After the end of the pilot, data will be collected on staff experiences, student experiences, custodians, and presented to the Board of Trustees with the recommendation on whether the pilot should continue, be stopped or expanded.

However, with the winter months right around the corner, the trustees are hoping to find arrangements to keep the project running smoothly and are hoping for businesses to donate heaters or lend them to the classroom tents.

Di Pasquale said it would not be ideal to buy heaters because the pilot project could be temporary. 

“I mean, if there are people out there with industrial heaters who would be willing to lend them to us, it definitely knocks out like a significant question that's raised by the community.”

Kajioka shares his concern and said the board could end up stuck with heaters if they buy them so he’s hoping the community can step in as well. 

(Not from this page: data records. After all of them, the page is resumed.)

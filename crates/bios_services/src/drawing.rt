//! Drawing characters in cells of a page, in any mode.
ghost use Rattle.std.specs.Prelude.{◌≡◌, ◌<◌, ◌≤◌};
ghost use Rattle.bios_services.specs.Plan.{run};
ghost use Rattle.bios_services.specs.Bounds.{bound_of_cells_reached_by_calls};
ghost use Rattle.bios_services.specs.Bands.{IsBand};
ghost use Rattle.bios_services.specs.Drawing.{put_glyph as put_glyph_plan};
ghost use Rattle.bios_services.specs.Drawing.{put_over_latches as put_over_plan};
ghost use Rattle.bios_services.specs.Drawing.{put_glyph_over as put_glyph_over_plan};
ghost use Rattle.bios_services.specs.Drawing.{draw_over_zeros_plan};
ghost use Rattle.bios_services.specs.Drawing.{draw_by_xor_plan, draw_character_in_16_colours_plan, glyph_dot_colour};
ghost use Rattle.bios_services.specs.Drawing.{put_glyph_line_in_256_colours as put_dots_plan, draw_character_in_256_colours_plan};
ghost use Rattle.bios_services.specs.Drawing.{character_plan};
ghost use Rattle.bios_services.specs.Page.{IsPage};

use crate::cells::{cell_address, write_cell};
use crate::colouring::Colouring;
use crate::cycles::{get, put, write_graphics, write_sequencer};
use crate::dot_cell::GraphicsCell;
use crate::filling::AlternatingBytes;
use crate::glyphs::glyph_line;
use crate::kind::{by_kind, kind_of};
use crate::page::Page;
use crate::video_registers::{ALL_PLANES, DATA_ROTATE, MAP_MASK, REPLACE, XOR};
use bios_modes::Fonts;
use vga_bits::is_set;
use vga_card::Bus;

/// Writes a glyph to a cell in 16 colours, line by line.
#[tactic(auto, using(crate::proofs::PlanRuns::run_bind), unfolding(crate::specs::Drawing::put_glyph))]
fn put_glyph<B: Bus>(bus: &mut B, cell: GraphicsCell, fonts: &Fonts, character: u8)
    requires band { IsBand cell.band }
    requires row { cell.row < bound_of_cells_reached_by_calls }
    ensures { bus.new ≡ (run B.meaning (put_glyph_plan cell.band cell.row fonts.now character)
        bus.old).0 }
{
    for r in 0..cell.band.lines {
        let dots = glyph_line(fonts, cell.band.lines, character, r);
        put(bus, cell.address(r, 0), dots);
    }
}

/// Reads a byte into the latches, and writes dots over it.
fn put_over_latches<B: Bus>(bus: &mut B, address: u32, dots: u8)
    ensures { bus.new ≡ (run B.meaning (put_over_plan address dots) bus.old).0 }
{
    get(bus, address);
    put(bus, address, dots);
}

/// Writes a glyph to a cell in 16 colours, each line over what was read there.
#[tactic(auto, using(crate::proofs::PlanRuns::run_bind), unfolding(crate::specs::Drawing::put_glyph_over))]
fn put_glyph_over<B: Bus>(bus: &mut B, cell: GraphicsCell, fonts: &Fonts, character: u8)
    requires band { IsBand cell.band }
    requires row { cell.row < bound_of_cells_reached_by_calls }
    ensures { bus.new ≡ (run B.meaning (put_glyph_over_plan cell.band cell.row fonts.now character)
        bus.old).0 }
{
    for r in 0..cell.band.lines {
        let dots = glyph_line(fonts, cell.band.lines, character, r);
        put_over_latches(bus, cell.address(r, 0), dots);
    }
}

/// Draws a character in 16 colours over pixels 0.
#[tactic(auto, using(crate::proofs::PlanRuns::run_bind), unfolding(crate::specs::Drawing::draw_over_zeros_plan))]
fn draw_over_zeros<B: Bus>(
    bus: &mut B,
    cell: GraphicsCell,
    fonts: &Fonts,
    character: u8,
    colour: u8,
)
    requires band { IsBand cell.band }
    requires row { cell.row < bound_of_cells_reached_by_calls }
    ensures { bus.new ≡ (run B.meaning (draw_over_zeros_plan cell.band cell.row fonts.now character
        colour)
        bus.old).0 }
{
    cell.band
        .fill_row(bus, AlternatingBytes::one_byte_everywhere(0x00), cell.row);
    write_sequencer(bus, MAP_MASK, colour % 16);
    put_glyph(bus, cell, fonts, character);
    write_sequencer(bus, MAP_MASK, ALL_PLANES);
}

/// Draws a character in 16 colours by XOR.
#[tactic(auto, using(crate::proofs::PlanRuns::run_bind), unfolding(crate::specs::Drawing::draw_by_xor_plan))]
fn draw_by_xor<B: Bus>(bus: &mut B, cell: GraphicsCell, fonts: &Fonts, character: u8, colour: u8)
    requires band { IsBand cell.band }
    requires row { cell.row < bound_of_cells_reached_by_calls }
    ensures { bus.new ≡ (run B.meaning (draw_by_xor_plan cell.band cell.row fonts.now character
        colour)
        bus.old).0 }
{
    write_graphics(bus, DATA_ROTATE, XOR);
    write_sequencer(bus, MAP_MASK, colour % 16);
    put_glyph_over(bus, cell, fonts, character);
    write_sequencer(bus, MAP_MASK, ALL_PLANES);
    write_graphics(bus, DATA_ROTATE, REPLACE);
}

/// Draws a character in 16 colours, by XOR if bit 7 of the colour is 1.
#[tactic(auto, unfolding(crate::specs::Drawing::draw_character_in_16_colours_plan))]
fn draw_character_in_16_colours<B: Bus>(
    bus: &mut B,
    cell: GraphicsCell,
    fonts: &Fonts,
    character: u8,
    colour: u8,
)
    requires band { IsBand cell.band }
    requires row { cell.row < bound_of_cells_reached_by_calls }
    ensures { bus.new ≡ (run B.meaning (draw_character_in_16_colours_plan cell.band cell.row fonts.now character
        colour)
        bus.old).0 }
{
    if is_set(colour, 7) {
        draw_by_xor(bus, cell, fonts, character, colour);
    } else {
        draw_over_zeros(bus, cell, fonts, character, colour);
    }
}

/// Dot i of a line of a glyph in 256 colours.
fn glyph_dot_colour(dots: u8, colour: u8, i: u32) -> u8
    requires { i < 8 }
    ensures { result ≡ glyph_dot_colour dots colour i }
{
    if is_set(dots, 7 - i) { colour } else { 0 }
}

/// Draws a line of a glyph in 256 colours.
#[tactic(auto, using(crate::proofs::PlanRuns::run_bind), unfolding(crate::specs::Drawing::put_glyph_line_in_256_colours))]
fn put_glyph_line_in_256_colours<B: Bus>(
    bus: &mut B,
    cell: GraphicsCell,
    line: u32,
    dots: u8,
    colour: u8,
)
    requires band { IsBand cell.band }
    requires row { cell.row < bound_of_cells_reached_by_calls }
    requires line { line ≤ 16 }
    ensures { bus.new ≡ (run B.meaning (put_dots_plan cell.band cell.row line dots colour)
        bus.old).0 }
{
    for i in 0..8 {
        put(
            bus,
            cell.address(line, i),
            glyph_dot_colour(dots, colour, i),
        );
    }
}

/// Draws a character in 256 colours.
#[tactic(auto, using(crate::proofs::PlanRuns::run_bind), unfolding(crate::specs::Drawing::draw_character_in_256_colours_plan))]
fn draw_character_in_256_colours<B: Bus>(
    bus: &mut B,
    cell: GraphicsCell,
    fonts: &Fonts,
    character: u8,
    colour: u8,
)
    requires band { IsBand cell.band }
    requires row { cell.row < bound_of_cells_reached_by_calls }
    ensures { bus.new ≡ (run B.meaning (draw_character_in_256_colours_plan cell.band cell.row fonts.now character
        colour)
        bus.old).0 }
{
    for r in 0..cell.band.lines {
        let dots = glyph_line(fonts, cell.band.lines, character, r);
        put_glyph_line_in_256_colours(bus, cell, r, dots, colour);
    }
}

/// Writes a character to cell q of a page, in any mode.
#[tactic(auto, unfolding(crate::specs::Drawing::character_plan_of_kind))]
pub(crate) fn write_character<B: Bus>(
    bus: &mut B,
    page: &Page<'_>,
    q: u32,
    character: u8,
    colouring: Colouring,
)
    requires page { IsPage page.now }
    requires cell { q < bound_of_cells_reached_by_calls }
    ensures { bus.new ≡ (run B.meaning (character_plan page.now.fonts page.now.bda
        page.now.number q character colouring) bus.old).0 }
{
    let (fonts, bda, number) = (page.fonts(), page.bda(), page.number());
    let colour = colouring.colour;
    by_kind!(
        kind_of(bda.mode()),
        Text => write_cell(bus, cell_address(bda, number, q), character, colouring),
        Planar => draw_character_in_16_colours(bus, GraphicsCell::of_columns(bda, number, q), fonts, character, colour),
        Packed => draw_character_in_256_colours(bus, GraphicsCell::of_columns(bda, number, q), fonts, character, colour),
    )
}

“We’re asking ‘do you have heaters basically?’” and because it’s a pilot it still has to be determined what equipment will work, so there could be a risk, he explained.

Since schools reopened in September the TCDSB has reported cases in 18 of its schools with no closures. The TDSB has reported cases in 63 schools with one closure.

The pilot project is the first streamlined project of its kind in Canada.

“There's definitely a lot of excitement from the community, from teachers, from staff. We’re all very excited,” said Di Pasquale.